Ne La samaritana (2004) la purezza dello stile si fonde di nuovo perfettamente con il contenuto in un apologo sul male nel mondo. La speranza che si schiude nell’epilogo è affidata a rapporti familiari dapprima disfunzionali, e rappresentata attraverso una delle tipiche epifanie finali del cinema di Kim. Con L’arco (2005), storia di tre soli personaggi che si svolge tutta su una barca, di nuovo con pochissimi dialoghi, il regista conferma di saper condensare significati profondi in pochi gesti, e di saper esprimere simbolicamente il corso della vita umana. In Time (2006) quello che sembra un racconto morale dalle tinte quasi horror sull’abuso della chirurgia estetica diventa un lirico inno all’amore che va oltre il corpo, e insieme una metafora della perdita di identità indotta da un forte sentimento.

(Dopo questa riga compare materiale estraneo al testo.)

//! The names of logs.

ghost use Rattle.std.specs.Prelude.{◌≡◌};
ghost use Rattle.vic_result.specs.NamesAt.{name_at};

use vic_survey::Survey;

/// The name of the log at a position.
pub(crate) fn name_at(surveys: &[Survey], log: usize) -> &[u8]
    ensures { result.now ≡ name_at surveys.now log }
{
    match surveys.get(log) {
        Some(survey) => survey.name().as_str().as_bytes(),
        None => &[],
    }
}
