//! The object of a collection, in JSON.

ghost use Rattle.std.specs.Prelude.{◌≡◌, ◌++◌, true, OnOk, IfOk, map};
ghost use Rattle.std.specs.List.{All};
ghost use Rattle.vic_text.specs.Json.{comma_joined};
ghost use Rattle.vic_collection.specs.Collections.{is_unlisted};
ghost use Rattle.vic_result.specs.Answered.{IsAnswerStatus};
ghost use Rattle.vic_result.specs.ResultObject.{IsCollectionObject, unlisted_json, unlisted_list_json, margin_found, margin_member};
ghost use Rattle.vic_result.specs.inner.ItemLogs.{AreUndecidedLogs};

mod counts;
mod item_list;
mod items;
mod log_list;
mod logs;
mod margins;
mod members;
mod values;

use crate::answered::{ResultText, answer_status, push_answer_line};
use crate::object::item_list::{push_comma, push_unlisted_uid};
pub use crate::object::margins::LogMargin;
use crate::object::margins::least_margin;
use crate::object::members::{
    push_answer, push_catalogue, push_items_member, push_lacking, push_logs_member, push_margin,
};
use std::alloc::{AllocError, Global};
use vic_collection::{Collection, CollectionAnswer, LogsByUid, UnlistedUid};
use vic_table::LineCells;

/// Appends the least margin of the logs, if a collection is complete and has logs.
fn push_margin_member(
    text: &mut Vec<u8>,
    collection: &Collection,
    answer: &CollectionAnswer<'_>,
) -> Result<(), AllocError>
    ensures { OnOk result (text.new.items
        ≡ text.old.items ++ margin_member collection.now answer.now) }
{
    match answer {
        CollectionAnswer::Complete { .. } => push_found_margin(
            text,
            least_margin(collection.surveys()),
        ),
        _ => Ok(()),
    }
}

/// Appends a margin, if there is one.
fn push_found_margin(text: &mut Vec<u8>, found: Option<LogMargin>) -> Result<(), AllocError>
    ensures { OnOk result (text.new.items ≡ text.old.items ++ margin_found found) }
{
    match found {
        Some(least) => push_margin(text, least.margin, &least.weakest, least.log),
        None => Ok(()),
    }
}

/// Appends UIDs of no item, with a comma between any two.
fn push_unlisted_list(
    text: &mut Vec<u8>,
    collection: &Collection,
    undecided: &LogsByUid,
    unlisted: &[UnlistedUid],
) -> Result<(), AllocError>
    requires undecided { AreUndecidedLogs collection.now undecided.now }
    requires unlisted { All (λ x. is_unlisted collection.now x.uid ≡ true) unlisted.now }
    ensures { OnOk result (text.new.items ≡ text.old.items
        ++ comma_joined (map (unlisted_json collection.now) unlisted.now)) }
{
    for (index, one) in unlisted.iter().enumerate() {
        push_comma(text, index)?;
        push_unlisted_uid(text, collection, undecided, one.uid, one.line)?;
    }
    Ok(())
}

/// Appends all UIDs of no item.
fn push_unlisted_member(
    text: &mut Vec<u8>,
    collection: &Collection,
    undecided: &LogsByUid,
    unlisted: &[UnlistedUid],
) -> Result<(), AllocError>
    requires undecided { AreUndecidedLogs collection.now undecided.now }
    requires unlisted { All (λ x. is_unlisted collection.now x.uid ≡ true) unlisted.now }
    ensures { OnOk result
        (text.new.items ≡ text.old.items ++ unlisted_list_json collection.now unlisted.now) }
{
    text.extend_from_slice(b",\"unexpected\":[")?;
    push_unlisted_list(text, collection, undecided, unlisted)?;
    text.extend_from_slice(b"]")
}

/// The object of a collection.
pub fn object_text(alloc: Global, collection: &Collection) -> Result<ResultText, AllocError>
    ensures text { IfOk result (λ r. IsCollectionObject collection.now r.text.items) }
    ensures status { IfOk result (λ r. IsAnswerStatus collection.now r.status) }
{
    let findings = collection.findings(alloc)?;
    let answer = findings.answer();
    let undecided = collection.undecided_logs(alloc)?;
    let states = findings.states.as_slice();
    let masks = collection.open_masks(alloc)?;
    let status = answer_status(collection, &answer);
    let mut line = Vec::new(alloc);
    push_answer_line(&mut line, collection, &answer)?;
    let mut cells = LineCells::new(alloc);
    let mut text = Vec::new(alloc);
    push_answer(&mut text, status, line.as_slice())?;
    push_margin_member(&mut text, collection, &answer)?;
    let unlisted = findings.unlisted.as_slice();
    push_catalogue(&mut text, collection, states, &mut cells, unlisted.len())?;
    push_items_member(&mut text, collection, &undecided, states, &mut cells)?;
    push_unlisted_member(&mut text, collection, &undecided, unlisted)?;
    push_lacking(&mut text, &findings.unsettled, &findings.without_log)?;
    push_logs_member(alloc, &mut text, collection, &masks)?;
    Ok(ResultText { text, status })
}
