//! The table of a collection.

ghost use Rattle.std.specs.Prelude.{◌≡◌, ◌<◌, ◌++◌, true, OnOk, IfOk, IsSomeAnd, length, map, slice_get};
ghost use Rattle.std.specs.List.{All, flat_map};
ghost use Rattle.vic_collection.specs.Collections.{is_unlisted};
ghost use Rattle.vic_collection.specs.States.{state_of};
ghost use Rattle.vic_result.specs.Answered.{IsAnswerStatus};
ghost use Rattle.vic_result.specs.ResultTable.{IsCollectionTable, item_row, table_text as text_with, unlisted_row};
ghost use Rattle.vic_result.specs.inner.ItemLogs.{AreUndecidedLogs};

mod cells;
mod head;
mod rows;
mod uid_cells;

use crate::answered::{ResultText, status_by};
use crate::states::state_at;
use crate::table::head::{push_head_line, push_mark};
use crate::table::rows::{push_item_row, push_unlisted_row};
use crate::uid_logs::{logs_of_item, logs_of_uid};
use std::alloc::{AllocError, Global};
use vic_collection::{Collection, LogsByUid, State, UnlistedUid};
use vic_frame::Uid;

/// The table of a collection: each row of its catalogue as it stands, with the state of the item
/// and the logs in which it is and may be, and a row for each UID that is certain in some log and
/// of no item.
pub fn table_text(alloc: Global, collection: &Collection) -> Result<ResultText, AllocError>
    ensures text { IfOk result (λ r. IsCollectionTable collection.now r.text.items) }
    ensures status { IfOk result (λ r. IsAnswerStatus collection.now r.status) }
{
    let findings = collection.findings(alloc)?;
    let undecided = collection.undecided_logs(alloc)?;
    let states = findings.states.as_slice();
    let unlisted = findings.unlisted.as_slice();
    let text = table_with(alloc, collection, &undecided, states, unlisted)?;
    let status = status_by(collection, &findings);
    Ok(ResultText { text, status })
}

/// Appends the row of the item at a position.
fn push_row_at(
    alloc: Global,
    text: &mut Vec<u8>,
    collection: &Collection,
    undecided: &LogsByUid,
    states: &[State],
    index: usize,
) -> Result<(), AllocError>
    requires bound { index < length collection.now.catalogue.items }
    requires undecided { AreUndecidedLogs collection.now undecided.now }
    requires states { states.now ≡ map (state_of collection.now) collection.now.catalogue.items }
    ensures { OnOk result (IsSomeAnd (slice_get collection.now.catalogue.items index) (λ item.
        text.new.items ≡ text.old.items
        ++ (item_row collection.now item ++ collection.now.catalogue.head_end))) }
{
    let catalogue = collection.catalogue();
    let surveys = collection.surveys();
    let state = state_at(states, index);
    let logs = logs_of_item(collection, undecided, index);
    push_item_row(alloc, text, catalogue, surveys, index, state, logs)?;
    Ok(())
}

/// Appends the rows of all items.
fn push_item_rows(
    alloc: Global,
    text: &mut Vec<u8>,
    collection: &Collection,
    undecided: &LogsByUid,
    states: &[State],
) -> Result<(), AllocError>
    requires undecided { AreUndecidedLogs collection.now undecided.now }
    requires states { states.now ≡ map (state_of collection.now) collection.now.catalogue.items }
    ensures { OnOk result (text.new.items ≡ text.old.items
        ++ flat_map (λ line. line ++ collection.now.catalogue.head_end)
        (map (item_row collection.now) collection.now.catalogue.items)) }
{
    for index in 0..collection.catalogue().len() {
        push_row_at(alloc, text, collection, undecided, states, index)?;
    }
    Ok(())
}

/// Appends the row of a UID of no item.
fn push_row_of_unlisted(
    alloc: Global,
    text: &mut Vec<u8>,
    collection: &Collection,
    undecided: &LogsByUid,
    uid: Uid,
) -> Result<(), AllocError>
    requires undecided { AreUndecidedLogs collection.now undecided.now }
    requires unlisted { is_unlisted collection.now uid ≡ true }
    ensures { OnOk result (text.new.items ≡ text.old.items
        ++ (unlisted_row collection.now uid ++ collection.now.catalogue.head_end)) }
{
    let catalogue = collection.catalogue();
    let surveys = collection.surveys();
    let logs = logs_of_uid(collection, undecided, uid);
    push_unlisted_row(alloc, text, catalogue, surveys, uid, logs)?;
    Ok(())
}

/// Appends the rows of UIDs of no item.
fn push_unlisted_rows(
    alloc: Global,
    text: &mut Vec<u8>,
    collection: &Collection,
    undecided: &LogsByUid,
    unlisted: &[UnlistedUid],
) -> Result<(), AllocError>
    requires undecided { AreUndecidedLogs collection.now undecided.now }
    requires unlisted { All (λ x. is_unlisted collection.now x.uid ≡ true) unlisted.now }
    ensures { OnOk result (text.new.items ≡ text.old.items
        ++ flat_map (λ line. line ++ collection.now.catalogue.head_end)
        (map (unlisted_row collection.now) (map (λ x. x.uid) unlisted.now))) }
{
    for one in unlisted {
        push_row_of_unlisted(alloc, text, collection, undecided, one.uid)?;
    }
    Ok(())
}

/// The text of the table, where these UIDs are of no item.
fn table_with(
    alloc: Global,
    collection: &Collection,
    undecided: &LogsByUid,
    states: &[State],
    unlisted: &[UnlistedUid],
) -> Result<Vec<u8>, AllocError>
    requires undecided { AreUndecidedLogs collection.now undecided.now }
    requires states { states.now ≡ map (state_of collection.now) collection.now.catalogue.items }
    requires unlisted { All (λ x. is_unlisted collection.now x.uid ≡ true) unlisted.now }
    ensures { IfOk result (λ text.
        text.items ≡ text_with collection.now (map (λ x. x.uid) unlisted.now)) }
{
    let mut text = Vec::new(alloc);
    push_mark(&mut text, collection.catalogue())?;
    push_head_line(&mut text, collection.catalogue())?;
    push_item_rows(alloc, &mut text, collection, undecided, states)?;
    push_unlisted_rows(alloc, &mut text, collection, undecided, unlisted)?;
    Ok(text)
}
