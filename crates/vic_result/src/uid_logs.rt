//! In which logs a UID is.

ghost use Rattle.std.specs.Prelude.{◌≡◌, ◌<◌, true, IsSomeAnd, length, slice_get};
ghost use Rattle.vic_collection.specs.Collections.{certain_logs, is_named, undecided_logs};
ghost use Rattle.vic_result.specs.ResultTable.{logs_by};
ghost use Rattle.vic_result.specs.inner.ItemLogs.{AreUndecidedLogs};

use vic_collection::{Collection, LogsByUid};
use vic_frame::Uid;

/// In which logs a UID is: the positions of those in which it is certain, and of those in which it
/// is possible and not certain.
#[derive(Clone, Copy)]
pub(crate) struct UidLogs<'a> {
    pub(crate) certain: &'a [usize],
    /// Those that tables and objects name as the ones in which it may be.
    pub(crate) undecided: &'a [usize],
}

/// In which logs a UID is.
pub(crate) fn logs_of_uid<'a>(
    collection: &'a Collection,
    undecided: &'a LogsByUid,
    uid: Uid,
) -> UidLogs<'a>
    requires undecided { AreUndecidedLogs collection.now undecided.now }
    requires named { is_named collection.now uid ≡ true }
    ensures certain { result.certain.now ≡ certain_logs collection.now uid }
    ensures undecided { result.undecided.now ≡ undecided_logs collection.now uid }
{
    UidLogs {
        certain: collection.certain_in(uid),
        undecided: undecided.logs_of(uid),
    }
}

/// In which logs the UID of an item is.
pub(crate) fn logs_of_item<'a>(
    collection: &'a Collection,
    undecided: &'a LogsByUid,
    index: usize,
) -> UidLogs<'a>
    requires bound { index < length collection.now.catalogue.items }
    requires undecided { AreUndecidedLogs collection.now undecided.now }
    ensures certain { IsSomeAnd (slice_get collection.now.catalogue.items index) (λ item.
        result.certain.now ≡ logs_by (certain_logs collection.now) item.uid) }
    ensures undecided { IsSomeAnd (slice_get collection.now.catalogue.items index) (λ item.
        result.undecided.now ≡ logs_by (undecided_logs collection.now) item.uid) }
{
    match collection.catalogue().uid(index) {
        Some(uid) => logs_of_uid(collection, undecided, uid),
        None => UidLogs {
            certain: &[],
            undecided: &[],
        },
    }
}
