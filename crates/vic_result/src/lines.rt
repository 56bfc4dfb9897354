//! The lines of a collection.

ghost use Rattle.std.specs.Prelude.{◌≡◌, IfOk};
ghost use Rattle.vic_collection.specs.Findings.{AreFindings};
ghost use Rattle.vic_result.specs.Answered.{IsAnswerStatus, answer_line};
ghost use Rattle.vic_result.specs.ResultLines.{AreFindingLines, AreLinesBy, AreCollectionLines, ended};

mod first_logs;
mod log_lines;
mod uid_lines;

use crate::answered::{ResultText, answer_status, push_answer_line};
use crate::lines::log_lines::{push_left_over, push_unsettled, push_without_log};
use crate::lines::uid_lines::{
    push_absent, push_doubtful, push_misplaced, push_not_counted, push_returned, push_unlisted,
};
use std::alloc::{AllocError, Global};
use vic_collection::{Collection, CollectionAnswer, Findings};

/// The line of an answer.
fn answer_text(
    alloc: Global,
    collection: &Collection,
    answer: &CollectionAnswer<'_>,
) -> Result<Vec<u8>, AllocError>
    ensures { IfOk result (λ text. text.items ≡ ended (answer_line collection.now answer.now)) }
{
    let mut text = Vec::new(alloc);
    push_answer_line(&mut text, collection, answer)?;
    text.extend_from_slice(b"\n")?;
    Ok(text)
}

/// All findings, in the order of the answer.
fn findings_text(
    alloc: Global,
    collection: &Collection,
    findings: &Findings<'_>,
) -> Result<Vec<u8>, AllocError>
    requires { AreFindings collection.now findings.now }
    ensures { IfOk result (λ text. AreFindingLines collection.now findings.now text.items) }
{
    let mut text = Vec::new(alloc);
    push_absent(&mut text, &findings.absent)?;
    push_unlisted(&mut text, collection, &findings.unlisted)?;
    push_unsettled(alloc, &mut text, collection, &findings.unsettled)?;
    push_doubtful(alloc, &mut text, collection, &findings.doubtful)?;
    push_misplaced(&mut text, collection, &findings.misplaced)?;
    push_returned(&mut text, collection, &findings.returned)?;
    push_not_counted(&mut text, collection, &findings.not_counted)?;
    push_without_log(&mut text, &findings.without_log)?;
    push_left_over(&mut text, collection.surveys(), &findings.left_over)?;
    Ok(text)
}

/// The line of an answer where a log isn't possible or nothing is found, and else all findings.
fn text_by(
    alloc: Global,
    collection: &Collection,
    findings: &Findings<'_>,
    answer: &CollectionAnswer<'_>,
) -> Result<Vec<u8>, AllocError>
    requires { AreFindings collection.now findings.now }
    ensures { IfOk result (λ text.
        AreLinesBy collection.now findings.now answer.now text.items) }
{
    match answer {
        CollectionAnswer::NotPossible { .. } | CollectionAnswer::Complete { .. } => {
            answer_text(alloc, collection, answer)
        }
        _ => findings_text(alloc, collection, findings),
    }
}

/// The lines of a collection: all its findings in the order of its answer, each kind whole; where a
/// log isn't possible or nothing is found, the line of the answer alone. Each line ends by LF.
pub fn lines_text(alloc: Global, collection: &Collection) -> Result<ResultText, AllocError>
    ensures text { IfOk result (λ r. AreCollectionLines collection.now r.text.items) }
    ensures status { IfOk result (λ r. IsAnswerStatus collection.now r.status) }
{
    let findings = collection.findings(alloc)?;
    let answer = findings.answer();
    let text = text_by(alloc, collection, &findings, &answer)?;
    let status = answer_status(collection, &answer);
    Ok(ResultText { text, status })
}
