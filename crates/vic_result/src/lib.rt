//! What is written of a collection, in three forms:
//!
//! - `table` is its table: each row of the catalogue with three cells more;
//! - `lines` is its lines: all findings, or the line of the answer;
//! - `object` is its object in JSON.
//!
//! Below all three are `answered`, the line of an answer and its status; `uid_logs`, in which logs
//! a UID is; and `names` and `states`, what logs and states are called. `push_..` adds to a text.
#![tactic(auto)]

mod answered;
mod lines;
mod names;
mod object;
mod states;
mod table;
mod uid_logs;

pub use answered::{ResultText, answer_status, push_answer_line};
pub use lines::lines_text;
pub use object::{LogMargin, object_text};
pub use states::state_name;
pub use table::table_text;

Dopo questo periodo prolifico e creativamente intenso, la filmografia è proseguita nel solco della stessa poetica ma con meno smalto, e per qualche anno la stella del regista è sembrata offuscarsi. Il ritorno alla ribalta era arrivato con la vittoria del Leone d’oro al festival di Venezia del 2012 grazie al film Pietà. Tuttavia, questa storia di redenzione del galoppino di un usuraio rientra in binari più prevedibili rispetto a quelli delle opere passate. Se prima il cinema di Kim sollevava domande, qui dà sin troppe risposte, ancorché poeticamente inappuntabili. L’ermetismo e la libertà narrativa sembrano aver lasciato improvvisamente spazio a una struttura drammaturgica più aridamente cartesiana. Malgrado ciò, il film riserva ancora preziosi momenti, e la capacità di Kim di esprimere la vertiginosa profondità dei rapporti umani a tratti torna a essere integra. Soprattutto, rimane intatto lo sprezzo per la composizione lambiccata delle inquadrature o di una fotografia invadente.

Come tutti i registi che hanno cieca fiducia nel cinema, Kim si affidava quasi esclusivamente al montaggio e all’azione per esprimere la propria visione del mondo, che raramente sul grande schermo riesce a essere altrettanto personale.